KiBa-Kirche des Monats Juni 2019 in Tunzenhausen

Jeden Tag steigt Alfred Schmidt auf den Turm der Kirche St. Peter und Paul in Tunzenhausen. Seit mehr als 30 Jahren tut er dies. „Die Turmuhr muss aufgezogen werden“, sagt er und klingt zufrieden. Dabei hätte er eigentlich Anlass, besorgt zu sein: Der Turm fängt an, sich zu neigen, das Dach ist einsturzgefährdet. „Höchste Alarmstufe“, meint Schmidt, „eigentlich darf der Turm nicht betreten werden“.

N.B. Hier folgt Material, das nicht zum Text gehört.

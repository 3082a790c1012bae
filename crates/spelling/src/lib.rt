// Whether a rule's instructions are in plain spelling.
#![tactic(auto)]

// The check of a rule, into a lent buffer.
pub mod check;
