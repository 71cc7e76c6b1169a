// The program: a job file comes on standard input, and the report goes to standard output.
#![tactic(auto)]

use std::io;
use std::io::{Cursor, Read};

// So many bytes are read, at most: no job file that is accepted is longer.
const MOST_BYTES: usize = 4096;

fn main(rt: HostRuntime) -> io::Result<()> {
    // fixed memory, and no vector that grows: what comes is asked for at once, so that nothing of it is lost where it comes in packets
    let mut file = Cursor::new([0; MOST_BYTES]);
    let _ = io::copy(&mut rt.stdin().take(MOST_BYTES as u64), &mut file)?;
    let length = file.position().min(MOST_BYTES as u64) as usize;
    let verdict = planner::solve(&file.get_ref()[..length]);
    rt.print(report::report(rt.alloc(), &verdict)?)
}
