ghost use Rattle.std.specs.Prelude.{◌≡◌, ℕ, ◌-◌, ◌≤◌, Bool, true, List, length};
ghost use Rattle.matcher.specs.Nodes.{Node, node_says, node_kid, allocated, grown, used, valid, largest};
ghost use Rattle.matcher.specs.Held.{meant};

use crate::kind::Kind;
use crate::node::Node;
use values::refusal::Refusal;

// A store of matchers: it means a list of nodes, a limit of places, and whether it shares.
pub trait TypeMatcherAlloc {
    const SHARES: bool;

    ghost SHARES: { Bool };

    ghost sharing: { Bool };

    ghost nodes: { Self → List Node };

    ghost limit: { Self → ℕ };

    fn is_sharing() -> bool
        ensures { result ≡ sharing };

    fn count(&self) -> usize
        ensures { result ≡ length (nodes self.now) };

    fn free(&self) -> usize
        ensures { result ≡ limit self.now - used (nodes self.now) };

    fn kind(&self, n: usize) -> Result<Kind, Refusal>
        ensures { result ≡ node_says (nodes self.now) n (λ d. d.kind) };

    fn number(&self, n: usize) -> Result<u16, Refusal>
        ensures { result ≡ node_says (nodes self.now) n (λ d. d.number) };

    fn kids(&self, n: usize) -> Result<usize, Refusal>
        ensures { result ≡ node_says (nodes self.now) n (λ d. length d.kids) };

    fn kid(&self, n: usize, i: usize) -> Result<usize, Refusal>
        ensures { result ≡ node_kid (nodes self.now) n i };

    fn alloc(&mut self, node: Node<'_>) -> Result<usize, Refusal>
        ensures answer { result ≡ allocated sharing (limit self.old) (nodes self.old) (meant node.entry) }
        ensures nodes { nodes self.new ≡ grown (nodes self.old) (meant node.entry) result }
        ensures limit { limit self.new ≡ limit self.old };

    ghost granted: { (s : Self) → valid (limit s) (nodes s) ≡ true };

    ghost small: { (s : Self) → limit s ≤ largest };

    ghost agrees: { SHARES ≡ sharing };
}
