// The two stores: one type, told apart by whether it shares.
ghost use Rattle.std.specs.Prelude.{◌≡◌, [], IfOk};
ghost use Rattle.matcher.specs.Held.{store_nodes, store_limit};
ghost use Rattle.std.proofs.Common.{rules};

use crate::alloc::TypeMatcherAlloc;
use crate::kind::Kind;
use crate::node::Node;
use crate::rows::Table;
use std::alloc::{AllocError, Global};
use values::refusal::Refusal;

#[derive(Drop)]
pub struct Store<const SHARES: bool> {
    pub(crate) table: Table,
}

// A store that never shares: each node that is added is a new one.
pub type PlainStore = Store<false>;

// A store that shares: equal nodes are one.
pub type SharingStore = Store<true>;

impl<const SHARES: bool> Store<SHARES> {
    // A store with no nodes and so many places; only this call can fail for want of memory.
    pub fn new(heap: Global, limit: u16) -> Result<Self, AllocError>
        ensures { IfOk result (λ s. (store_nodes s ≡ []) × (store_limit s ≡ limit)) }
    {
        let table = Table::new(heap, limit)?;
        Ok(Store { table })
    }
}

impl<const SHARES: bool> TypeMatcherAlloc for Store<SHARES> {
    const SHARES: bool = SHARES;

    ghost SHARES = { SHARES };

    ghost sharing = { SHARES };

    ghost nodes = { λ s. store_nodes s };

    ghost limit = { λ s. store_limit s };

    ghost granted = { Prim.search rules };

    ghost small = { Prim.search rules };

    ghost agrees = { Prim.search rules };

    fn is_sharing() -> bool {
        Self::SHARES
    }

    fn count(&self) -> usize {
        self.table.count()
    }

    fn free(&self) -> usize {
        self.table.free_places()
    }

    #[inline]
    fn kind(&self, n: usize) -> Result<Kind, Refusal> {
        Ok(self.table.node(n)?.kind)
    }

    #[inline]
    fn number(&self, n: usize) -> Result<u16, Refusal> {
        Ok(self.table.node(n)?.number)
    }

    #[inline]
    fn kids(&self, n: usize) -> Result<usize, Refusal> {
        Ok(self.table.node(n)?.kids.len())
    }

    #[inline]
    fn kid(&self, n: usize, i: usize) -> Result<usize, Refusal> {
        self.table
            .node(n)?
            .kids
            .get(i)
            .copied()
            .ok_or(Refusal::NoNode)
    }

    fn alloc(&mut self, node: Node<'_>) -> Result<usize, Refusal> {
        self.table.alloc(Self::SHARES, node)
    }
}
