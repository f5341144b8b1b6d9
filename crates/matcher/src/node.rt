// A node, as it is asked for and as a store answers it.
ghost use Rattle.std.specs.Prelude.{◌≡◌, length};
ghost use Rattle.matcher.specs.Nodes.{arity, numbered, formed, all_below};
ghost use Rattle.matcher.specs.Held.{meant};

use crate::kind::Kind;
use values::built_in::is_type_number;

// A kind, a number and the numbers of the kids.
#[derive(Clone, Copy, PartialEq, Eq, Debug)]
pub struct Node<'a> {
    pub kind: Kind,
    pub number: u16,
    pub kids: &'a [usize],
}

impl Node<'_> {
    fn fits_kind(&self) -> bool
        ensures { result ≡ arity self.now.kind (length self.now.kids.now) }
    {
        let kids = self.kids.len();
        match self.kind {
            Kind::IsListOf | Kind::IsTupleOf | Kind::IsTupleElems1 | Kind::IsSetOf => kids == 1,
            Kind::IsDictOf | Kind::IsTupleElems2 | Kind::IsAnyOfTwo => kids == 2,
            Kind::IsTupleElems | Kind::IsAnyOf => kids >= 3,
            _ => kids == 0,
        }
    }

    fn fits_number(&self) -> bool
        ensures { result ≡ numbered self.now.kind self.now.number }
    {
        match self.kind {
            Kind::StarlarkTypeIdMatcher => is_type_number(self.number),
            Kind::Custom => true,
            _ => self.number == 0,
        }
    }

    pub(crate) fn is_formed(&self) -> bool
        ensures { result ≡ formed (meant self.now) }
    {
        self.fits_kind() & self.fits_number()
    }
    // Whether each kid is a node of the first so many.
    pub(crate) fn is_over(&self, count: usize) -> bool
        ensures { result ≡ all_below count self.now.kids.now }
    {
        self.kids.iter().all(|k| *k < count)
    }
}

Seit 1979 ist Alfred Schmidt Kirchenältester in der evangelischen Gemeinde des kleinen thüringischen Ortes im Landkreis Sömmerda. Vor knapp einem Jahr ist der Ingenieur in den Ruhestand gegangen, alle Hände voll zu tun hat er trotzdem: Er pflegt den Kirchhof samt Grünanlagen, schmückt die Kirche und zusammen mit dem im vergangenen Jahr gegründeten Freundeskreis treibt er die dringend notwendige Sanierung des Kirchturms voran. Dazu gehören handfeste Reinigungsaktionen („eine zehn Zentimeter hohe Schicht Taubendreck haben wir aus dem Turm entfernt!“), ein guter Kontakt zur örtlichen Presse und – keinesfalls zuletzt natürlich - das Sammeln von Spenden. „Die Tunzenhäuser sind sehr engagiert dabei, auch ehemalige unterstützen uns“, lobt Schmidt. Große Resonanz gab es auch beim „Tag des Offenen Denkmals“ im September. Rund hundert Interessierte („sogar aus Leipzig“) kamen, um sich durch die Kirche führen zu lassen und einen Vortrag zur Geschichte von St. Peter und Paul zu hören.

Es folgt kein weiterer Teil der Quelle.